Chapter 5: The Bigger Picture
From the Eldest Sibling to the Youngest
Chapter 6: The Beginnings of a New Era
The End of My Marriage and the Guest House
Everything New: Beginnings, Home, and Work.
A New Man in My Life and More Voluntary Work
Chapter 7: From Rags to Riches
The Last Will and Testament
The Boys’ Education and My New Work
Ghosts Galore and a New Work Experience
Chapter 8: Further Faith Experiences and My Boys’ Careers
A Closer Walk with God
My Sons’ Career Stories
Chapter 9: Prison Work and Authorised Ministry
Stepping Out of My Comfort Zone
Not Ordained but Authorised
Chapter 10: Reflections on ‘The Way, the Truth, and the Life’
How I Feel about the Church Today
Dedicated to my sons, Darren and Kevin
Preface
I have never written a book before, so at the ripe old age of sixty-nine, I must have been feeling brave to write this one. I was pleasantly surprised how well my memory has held out for fine details and given me the result I was striving for.
I never knew much about my parents and realised how important, to me, it is to know about their lives.
My two sons would not know much about me had I not written this book, so I would recommend the idea to all who feel they have a literary legacy to leave behind.
I have been privileged to encounter some rather strange and inexplicable moments through my life, and recording these for others to read seems the right way to share them.
Having completed my original manuscript, I allowed some friends to read it and had some very positive feedback:
‘You certainly did a lot in your life!’
‘Very interesting!’
‘Couldn’t put it down.’
‘Well written and linked together.’
If you have a sense of humour, you will find some amusing stories here.

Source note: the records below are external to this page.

//! Tests of `pack_stream` and `unpack_stream` over handmade streams.

use capn_commands::{FlowFault, pack_stream, unpack_stream};
use capn_words::Watched;
use std::test::Fail;

/// A word and two zero words, packed.
const PACKED: [u8; 6] = [0x51, 8, 3, 2, 0, 1];

/// The bytes of the words packed in `PACKED`.
const WORDS: [u8; 24] = [
    8, 0, 0, 0, 3, 0, 2, 0, 0, 0, 0, 0, 0, 0, 0, 0, 0, 0, 0, 0, 0, 0, 0, 0,
];

#[test]
fn unpacks_before_a_cut(rt: HostRuntime) -> Result<(), Fail> {
    let mut reader = Watched::new(&PACKED[..5]);
    let mut writer = Watched::new(Vec::new(rt.alloc()));
    let ending = unpack_stream(rt.alloc(), &mut reader, &mut writer);
    assert!(rt; ending == Err(FlowFault::Cut(4)));
    assert!(rt; writer.into_inner().as_slice() == &WORDS[..8]);
    Ok(())
}

#[test]
fn packs_whole_words_before_the_rest(rt: HostRuntime) -> Result<(), Fail> {
    let mut reader = Watched::new(&WORDS[..23]);
    let mut writer = Watched::new(Vec::new(rt.alloc()));
    let ending = pack_stream(rt.alloc(), &mut reader, &mut writer);
    assert!(rt; ending == Err(FlowFault::NotWhole(23)));
    assert!(rt; writer.into_inner().as_slice() == [0x51, 8, 3, 2, 0, 0].as_slice());
    Ok(())
}
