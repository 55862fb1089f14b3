//! Tests of runs over handmade streams: messages are served, and words are packed and unpacked. Also of the parts of
//! such runs, and of the texts of their faults.
//!
//! They are apart from the crates that they test, because a crate with tests is proved twice.
#![tactic(auto)]

#[cfg(test)]
mod explained_archives;
#[cfg(test)]
mod explanations;
#[cfg(test)]
mod fault_texts;
#[cfg(test)]
mod flows;
#[cfg(test)]
mod one_message;
#[cfg(test)]
mod picks;
#[cfg(test)]
mod places;
#[cfg(test)]
mod printed_lines;
#[cfg(test)]
mod refused_explanations;
#[cfg(test)]
mod runs;
#[cfg(test)]
mod whole_inputs;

If you have a faith, you will find this book has some stories of encouragement. If you are, like the author, looking for the unknown, you will find this inspiring. As you read through each chapter, you will get to see the personal development and growth.
I hope you enjoy the story of her life as much as those who encouraged her in the beginning. I strongly recommend it as being a fascinating read.
Roger Rawlings
* * *
Chapter 1
The Early Years
The Build-up of My Family
Life is like a journey, and we each make this journey from our birth to our death. There are times when we are in control of this journey, and there are other times when we are not, and if we look back over our journey, we can sometimes discover those times. This is the story of my journey which contains many facets of life on earth, some traumatic, some sad, some wonderful, some awesome, and some rather humorous. For me, my life has been packed full from early age to retirement and beyond, and in this book, I have covered a great deal of ground.
So how did this book come into being? It was about eighteen months ago, when my younger son said that I should write a book. What me? Apart from minutes of meetings, a few reports, and some assignments, I have never written anything consisting of more than 2,000 words. When I developed spinal stenosis and my mobility grew less, I kept getting a nudge to write a book. At first I ignored it, but it kept coming back, louder each time: ‘Write a book’. So here we are.
I am going to start with a little information about my family background. I know very little about my mother (Lois Barnes) other than that she was born in 1902 in Hull, Yorkshire, and from about eleven years old through some of her teens was brought up in a convent, because her own mother had died of diphtheria quite young. Mother also lost a sister, Dorothy, born in 1900, with diphtheria, a common illness in those days which has since been eradicated with the use of immunisation. She told me that all her sister’s belongings were burnt except for one coat which my mother wore and consequently contracted the same illness. However, unlike her sister, she pulled through. Mother also told me that her father was a musician, teaching the piano and violin. What she didn’t tell me was that he was a bricklayer by trade—I found out this and more through research. She had an older sister called Florence, born in 1896—who by the age of fifteen was in service in a place called Emsworth, Sussex,—and two younger brothers, Kenneth, born in 1904, and Harold, born in 1907. Uncle Ken was the only one I never met. They lived in Hull, in Yorkshire, initially but moved down to Westbourne in Sussex, near to where Florence was working, before Harold was born. My maternal grandfather’s name was William Henry Barnes, born in 1870, in Spalding in Lincolnshire, and my maternal grandmother was Caroline born in 1869, in Worcestershire. They married in 1895. Caroline died at the age of forty-two when mother was only ten years old.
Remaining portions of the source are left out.